Figure 1 Appearance of 4-Hydroxybenzaldehyde

Synthesis

By using the p-nitrotoluene oxidation-reduction method, p-nitrotoluene is synchronously oxidized and reduced with sodium polysulfide to obtain 4-Hydroxybenzaldehyde. The specific process is as follows: Mix p-nitrotoluene, ethanol solvent, and surfactants (such as OP Tween) in a mass ratio of 1:5:0.02-0.04 evenly, add sodium polysulfide aqueous solution dropwise at 80-85 ℃, and react for 2-3 hours. The product was distilled with steam to remove p-nitrotoluene and p-aminotoluene. Extracting p-aminobenzaldehyde with ether. The conversion rate and yield of the reaction are both above 90%. Sodium polysulfide can be prepared from sodium hydrosulfide, caustic soda, and sulfur as raw materials. Treat p-aminobenzaldehyde with 40% sulfuric acid, add a 30% sodium nitrite solution at 0-3 ℃, and react for about 30 minutes. Use a small amount of urea to decompose the excess sodium nitrite to obtain a diazonium salt solution of p-aminobenzaldehyde. This solution is hydrolyzed in the presence of sulfuric acid at a temperature of 80-85 ℃ for about 30 minutes. The product was extracted, purified, and dried to obtain a 4-Hydroxybenzaldehyde product with a yield of over 90%.

Applications

4-Hydroxybenzaldehyde is an important intermediate in medicine, spices, and liquid crystals. It can react with dimethyl sulfate to produce anisaldehyde, react with acetaldehyde to produce p-hydroxycinnamaldehyde, and further oxidize to produce cinnamic acid. This product can be directly oxidized to produce p-hydroxybenzoic acid, reduced to p-hydroxybenzyl alcohol, and can be used as spices; At the same time, 4-Hydroxybenzaldehyde is also an important pharmaceutical intermediate, liquid crystal raw material, and other organic synthesis intermediates, with a wide range of uses. In addition to being directly used as a spice, 4-Hydroxybenzaldehyde is also used as an intermediate in the production of other spices, pharmaceutical raw materials, and in the production of dehydrepinephrine hydrochloride, adrenaline, quinine, etc. At the same time, it can be used as a nickel plating brightener, chemical analysis reagent (sugar quantitative analysis), photographic emulsion, and bactericide.

Bioactivities

4-Hydroxybenzaldehyde, an analogue of p-hydroxybenzyl alcohol, showed an inhibitory effect on the GABA transaminase, and its inhibitory activity was higher than that of valproic acid, a known anticonvulsant. In the brain of PTZ-treated rats, brain lipid peroxidation was significantly increased, while it recovered to the control level after treatment with 4-hydroxybenzaldehyde. It may be concluded that antioxidation and positive modulation of GABAergic neuromodulation of 4-Hydroxybenzaldehyde partially contribute to an antiepileptic and anticonvulsive activity of Gastrodia elata B1 [2]. In addition, using an in vitro approach, it found that 4-HBA significantly promoted keratinocyte cell migration and invasion by increasing focal adhesion kinase and Src activity. Moreover, 4-Hydroxybenzaldehyde treatment also promoted wound healing and re- epithelialization in an in vivo excision wound animal model. Combination treatment with 4-Hydroxybenzaldehyde and platelet-derived growth factor subunit B homodimer showed synergistic effects in promoting wound healing. Taken together, it demonstrated that treatment with 4-Hydroxybenzaldehyde promoted keratinocyte migration and wound healing in mouse skin through the Src/mitogen-activated protein kinase pathway [3].

References

[1]Tang, W. & Eisenbrand, G. Chinese drugs of plant origin: chemistry, pharmacology, and use in traditional and modern medicine. (Springer-Verlag, 1992).
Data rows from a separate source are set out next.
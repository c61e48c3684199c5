//! Configurations: tasks, channels and prints.
ghost use Rattle.std.specs.Prelude.{◌≡◌, IfOk, OnOk};
ghost use Rattle.std.specs.Option.{option_map};
ghost use Rattle.std.specs.Ordering.{nat_cmp};
ghost use Rattle.std.specs.Cmp.Lexicographic.{slice_cmp};
ghost use Rattle.std.specs.BTreeMap.{get as looked_up};
ghost use Rattle.std.specs.FinMap.{keys, insert};
ghost use Rattle.core_programs.specs.declared.nodes.Parts.{Parts};
ghost use Rattle.machine_values.specs.Reading.{value_as};
ghost use Rattle.chan_machine.specs.Reading.{stored_in, config_of, channels_named, config_with, map_of, put_by_name};
ghost use Rattle.chan_machine.specs.Fits.{AllFit, Fits};

use chan_base::{Memory, Name, Names};
use machine_tasks::{Tasks, Value};
use sqlite_items::Items;
use std::alloc::Global;
use std::collections::BTreeMap;
use task_tables::TaskTable;

pub type Stores = Items<Store>;

pub type Puts = Items<Put>;

/// A channel: Empty, or Full with a value.
#[derive(Drop)]
pub struct Store {
    pub name: Name,
    pub value: Option<Value>,
}

/// A print: the task and the number.
#[derive(Debug, Drop)]
pub struct Put {
    pub name: Name,
    pub number: i128,
}

/// Tasks by their names, ended ones too; channels by theirs; and the prints in the order in which
/// they came.
#[derive(Drop)]
pub struct Config {
    pub(crate) tasks: TaskTable,
    pub(crate) channels: BTreeMap<Name, Option<Value>>,
    pub(crate) prints: Puts,
}

impl Config {
    /// The value on the channel, where it is there and is Full.
    pub fn stored(&self, channel: &Name) -> Option<&Value>
        ensures { option_map (λ value. value.now) result ≡ stored_in (looked_up (slice_cmp nat_cmp) self.now.channels channel.now) }
    {
        match self.channels.get(channel) {
            Some(Some(value)) => Some(value),
            _ => None,
        }
    }

    pub fn prints(&self) -> &Puts
        ensures { result.now ≡ self.now.prints }
    {
        &self.prints
    }
}

impl Config {
    /// The names of the channels in order.
    pub fn channels(&self, alloc: Global) -> Result<Names, Memory>
        ensures { IfOk result (λ names. (program : Parts) → names ≡ keys (config_of program self.now).channels) }
    {
        let mut names = Items::new(alloc);
        'channels: for (name, _) in self.channels.iter() {
            names.push(name.copy()?)?;
        }
        Ok(names)
    }
}

/// Puts the channel under its name.
fn put_channel(channels: &mut BTreeMap<Name, Option<Value>>, store: Store) -> Result<(), Memory>
    ensures { OnOk result (map_of (option_map value_as) channels.new
        ≡ insert (map_of (option_map value_as) channels.old) store.name (option_map value_as store.value)) }
{
    let Store { name, value } = store;
    channels.insert(name, value)?;
    Ok(())
}

/// The tasks under their names.
fn gather_tasks(alloc: Global, tasks: Tasks) -> Result<TaskTable, Memory>
    ensures { IfOk result (λ gathered. gathered ≡ put_by_name tasks) }
{
    let mut left = tasks;
    let mut gathered = TaskTable::new(alloc);
    'tasks: while let Some(task) = left.pop() {
        gathered.put(task)?;
    }
    Ok(gathered)
}

/// The channels under their names.
fn gather_channels(alloc: Global, stores: Stores) -> Result<BTreeMap<Name, Option<Value>>, Memory>
    ensures { IfOk result (λ gathered. map_of (option_map value_as) gathered ≡ channels_named stores) }
{
    let mut left = stores;
    let mut gathered = BTreeMap::new(alloc);
    'stores: while let Some(store) = left.pop() {
        put_channel(&mut gathered, store)?;
    }
    Ok(gathered)
}

impl Config {
    /// The configuration of these tasks, channels and prints: of two with one name the first.
    pub fn of(alloc: Global, tasks: Tasks, channels: Stores, prints: Puts) -> Result<Config, Memory>
        ensures value { IfOk result (λ config. (program : Parts) → config_of program config ≡ config_with program tasks channels prints) }
        ensures fits { IfOk result (λ config. (program : Parts) → AllFit program tasks → Fits program config) }
    {
        Ok(Config {
            tasks: gather_tasks(alloc, tasks)?,
            channels: gather_channels(alloc, channels)?,
            prints,
        })
    }
}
[2]Ha J H, Lee D U, Lee J T, et al. 4-Hydroxybenzaldehyde from Gastrodia elata B1. is active in the antioxidation and GABAergic neuromodulation of the rat brain[J]. Journal of Ethnopharmacology, 2000, 73(1-2): 329-333.

[3]Kang C W, Han Y E, Kim J, et al. 4-Hydroxybenzaldehyde accelerates acute wound healing through activation of focal adhesion signalling in keratinocytes[J]. Scientific reports, 2017, 7(1): 1-11.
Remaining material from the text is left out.